◆ TO DO ◆
Print each record below character for character.

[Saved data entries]
//! What a node keeps of its part in a group, and how its place in the tree changes.

ghost use Rattle.std.specs.Prelude.{◌≡◌, ◌++◌, ◌∷◌, [], List, IfOk, OnOk, true, false, not};
ghost use Rattle.ring_math.specs.Names.{Number};
ghost use Rattle.ring_math.specs.Sides.{is_in};
ghost use Rattle.scribe_core.specs.Parts.{no_part};
ghost use Rattle.scribe_core.specs.Tree.{attach, trim, with_child, without_child};
ghost use Rattle.group_play.specs.Said.{grafts, prunes};
ghost use Rattle.group_play.specs.Shown.{HasSeen, Stands, is_loose, parent_of, part_of};

use overlay_rules::Way;
use ring_math::{Id, OutOfMemory};
use std::alloc::Global;
use std::collections::BTreeSet;

/// Where a node stands in the tree of a group.
#[derive(Clone, Copy)]
pub(crate) enum Place {
    /// In no tree.
    Loose,
    /// At the top.
    Root,
    /// Under a parent.
    Under { parent: Id },
    /// At the top of a tree that has no way to the key.
    Orphan,
}

/// What a node keeps of its part in a group.
#[derive(Drop)]
pub(crate) struct Part {
    pub(crate) place: Place,
    /// In the order in which they asked.
    pub(crate) children: Vec<Id>,
    pub(crate) is_member: bool,
    /// The numbers of the publications that came.
    pub(crate) seen: BTreeSet<u64>,
}

impl Part {
    /// A node's part at first. It takes no memory.
    pub(crate) fn new(alloc: Global) -> Part
        ensures { Stands result no_part }
    {
        Part {
            place: Place::Loose,
            children: Vec::new(alloc),
            is_member: false,
            seen: BTreeSet::new(alloc),
        }
    }

    /// A loose node takes its place where the key leads this way. The answer is the parent that it asks.
    pub(crate) fn attach(&mut self, way: Way) -> Option<Id>
        ensures part { (seen : List Number) → part_of self.new seen ≡ (attach way (part_of self.old seen)).part }
        ensures asks { (seen : List Number) → (attach way (part_of self.old seen)).sends ≡ grafts result }
        ensures seen { self.new.seen ≡ self.old.seen }
    {
        if !self.is_loose() {
            return None;
        }
        match way {
            Way::NotReady => None,
            Way::Here => {
                self.place = Place::Root;
                None
            }
            Way::Gap { .. } => {
                self.place = Place::Orphan;
                None
            }
            Way::To { node } => {
                self.place = Place::Under { parent: node };
                Some(node)
            }
        }
    }

    /// A node that is no member and has no child leaves its parent, if it has one. The answer is the parent that it leaves.
    pub(crate) fn trim(&mut self) -> Option<Id>
        ensures part { (seen : List Number) → part_of self.new seen ≡ (trim (part_of self.old seen)).part }
        ensures leaves { (seen : List Number) → (trim (part_of self.old seen)).sends ≡ prunes result }
        ensures seen { self.new.seen ≡ self.old.seen }
    {
        if self.is_member || !self.children.is_empty() {
            return None;
        }
        let parent = self.parent();
        if parent.is_some() {
            self.place = Place::Loose;
        }
        parent
    }

    /// The parent, if the node has one.
    fn parent(&self) -> Option<Id>
        ensures { result ≡ parent_of self.now.place }
    {
        match &self.place {
            Place::Under { parent } => Some(*parent),
            Place::Loose | Place::Root | Place::Orphan => None,
        }
    }

    /// Whether the node is in no tree.
    pub(crate) fn is_loose(&self) -> bool
        ensures { result ≡ is_loose self.now.place }
    {
        match self.place {
            Place::Loose => true,
            Place::Root | Place::Under { .. } | Place::Orphan => false,
        }
    }
}

/// A child more, unless it is one.
pub(crate) fn add_child(children: &mut Vec<Id>, child: Id) -> Result<(), OutOfMemory>
    ensures { OnOk result (children.new.items ≡ with_child children.old.items child) }
{
    if !is_among(children, child) {
        children.push(child)?;
    }
    Ok(())
}

fn is_among(children: &[Id], child: Id) -> bool
    ensures { result ≡ is_in children.now child }
{
    children.iter().any(|other| *other == child)
}

/// A child less.
pub(crate) fn remove_child(children: &mut Vec<Id>, child: Id)
    ensures { children.new.items ≡ without_child children.old.items child }
{
    children.retain(|other| *other != child);
}

/// Notes that a publication was seen. The answer is whether it is new.
pub(crate) fn see(seen: &mut BTreeSet<u64>, number: u64) -> Result<bool, OutOfMemory>
    ensures answer { IfOk result (λ is_new. (numbers : List Number) → HasSeen seen.old numbers → is_new ≡ not (is_in numbers number)) }
    ensures new { OnOk result ((numbers : List Number) → HasSeen seen.old numbers → HasSeen seen.new (numbers ++ number ∷ [])) }
    ensures old { OnOk result ((numbers : List Number) → HasSeen seen.old numbers → is_in numbers number ≡ true → HasSeen seen.new numbers) }
{
    let is_new = seen.insert(number)?;
    Ok(is_new)
}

◆ ANSWER SECTION ◆
//! What a node keeps of its part in a group, and how its place in the tree changes.

ghost use Rattle.std.specs.Prelude.{◌≡◌, ◌++◌, ◌∷◌, [], List, IfOk, OnOk, true, false, not};
ghost use Rattle.ring_math.specs.Names.{Number};
ghost use Rattle.ring_math.specs.Sides.{is_in};
ghost use Rattle.scribe_core.specs.Parts.{no_part};
ghost use Rattle.scribe_core.specs.Tree.{attach, trim, with_child, without_child};
ghost use Rattle.group_play.specs.Said.{grafts, prunes};
ghost use Rattle.group_play.specs.Shown.{HasSeen, Stands, is_loose, parent_of, part_of};

use overlay_rules::Way;
use ring_math::{Id, OutOfMemory};
use std::alloc::Global;
use std::collections::BTreeSet;

/// Where a node stands in the tree of a group.
#[derive(Clone, Copy)]
pub(crate) enum Place {
    /// In no tree.
    Loose,
    /// At the top.
    Root,
    /// Under a parent.
    Under { parent: Id },
    /// At the top of a tree that has no way to the key.
    Orphan,
}

/// What a node keeps of its part in a group.
#[derive(Drop)]
pub(crate) struct Part {
    pub(crate) place: Place,
    /// In the order in which they asked.
    pub(crate) children: Vec<Id>,
    pub(crate) is_member: bool,
    /// The numbers of the publications that came.
    pub(crate) seen: BTreeSet<u64>,
}

impl Part {
    /// A node's part at first. It takes no memory.
    pub(crate) fn new(alloc: Global) -> Part
        ensures { Stands result no_part }
    {
        Part {
            place: Place::Loose,
            children: Vec::new(alloc),
            is_member: false,
            seen: BTreeSet::new(alloc),
        }
    }

    /// A loose node takes its place where the key leads this way. The answer is the parent that it asks.
    pub(crate) fn attach(&mut self, way: Way) -> Option<Id>
        ensures part { (seen : List Number) → part_of self.new seen ≡ (attach way (part_of self.old seen)).part }
        ensures asks { (seen : List Number) → (attach way (part_of self.old seen)).sends ≡ grafts result }
        ensures seen { self.new.seen ≡ self.old.seen }
    {
        if !self.is_loose() {
            return None;
        }
        match way {
            Way::NotReady => None,
            Way::Here => {
                self.place = Place::Root;
                None
            }
            Way::Gap { .. } => {
                self.place = Place::Orphan;
                None
            }
            Way::To { node } => {
                self.place = Place::Under { parent: node };
                Some(node)
            }
        }
    }

    /// A node that is no member and has no child leaves its parent, if it has one. The answer is the parent that it leaves.
    pub(crate) fn trim(&mut self) -> Option<Id>
        ensures part { (seen : List Number) → part_of self.new seen ≡ (trim (part_of self.old seen)).part }
        ensures leaves { (seen : List Number) → (trim (part_of self.old seen)).sends ≡ prunes result }
        ensures seen { self.new.seen ≡ self.old.seen }
    {
        if self.is_member || !self.children.is_empty() {
            return None;
        }
        let parent = self.parent();
        if parent.is_some() {
            self.place = Place::Loose;
        }
        parent
    }

    /// The parent, if the node has one.
    fn parent(&self) -> Option<Id>
        ensures { result ≡ parent_of self.now.place }
    {
        match &self.place {
            Place::Under { parent } => Some(*parent),
            Place::Loose | Place::Root | Place::Orphan => None,
        }
    }

    /// Whether the node is in no tree.
    pub(crate) fn is_loose(&self) -> bool
        ensures { result ≡ is_loose self.now.place }
    {
        match self.place {
            Place::Loose => true,
            Place::Root | Place::Under { .. } | Place::Orphan => false,
        }
    }
}

/// A child more, unless it is one.
pub(crate) fn add_child(children: &mut Vec<Id>, child: Id) -> Result<(), OutOfMemory>
    ensures { OnOk result (children.new.items ≡ with_child children.old.items child) }
{
    if !is_among(children, child) {
        children.push(child)?;
    }
    Ok(())
}

fn is_among(children: &[Id], child: Id) -> bool
    ensures { result ≡ is_in children.now child }
{
    children.iter().any(|other| *other == child)
}

/// A child less.
pub(crate) fn remove_child(children: &mut Vec<Id>, child: Id)
    ensures { children.new.items ≡ without_child children.old.items child }
{
    children.retain(|other| *other != child);
}

/// Notes that a publication was seen. The answer is whether it is new.
pub(crate) fn see(seen: &mut BTreeSet<u64>, number: u64) -> Result<bool, OutOfMemory>
    ensures answer { IfOk result (λ is_new. (numbers : List Number) → HasSeen seen.old numbers → is_new ≡ not (is_in numbers number)) }
    ensures new { OnOk result ((numbers : List Number) → HasSeen seen.old numbers → HasSeen seen.new (numbers ++ number ∷ [])) }
    ensures old { OnOk result ((numbers : List Number) → HasSeen seen.old numbers → is_in numbers number ≡ true → HasSeen seen.new numbers) }
{
    let is_new = seen.insert(number)?;
    Ok(is_new)
}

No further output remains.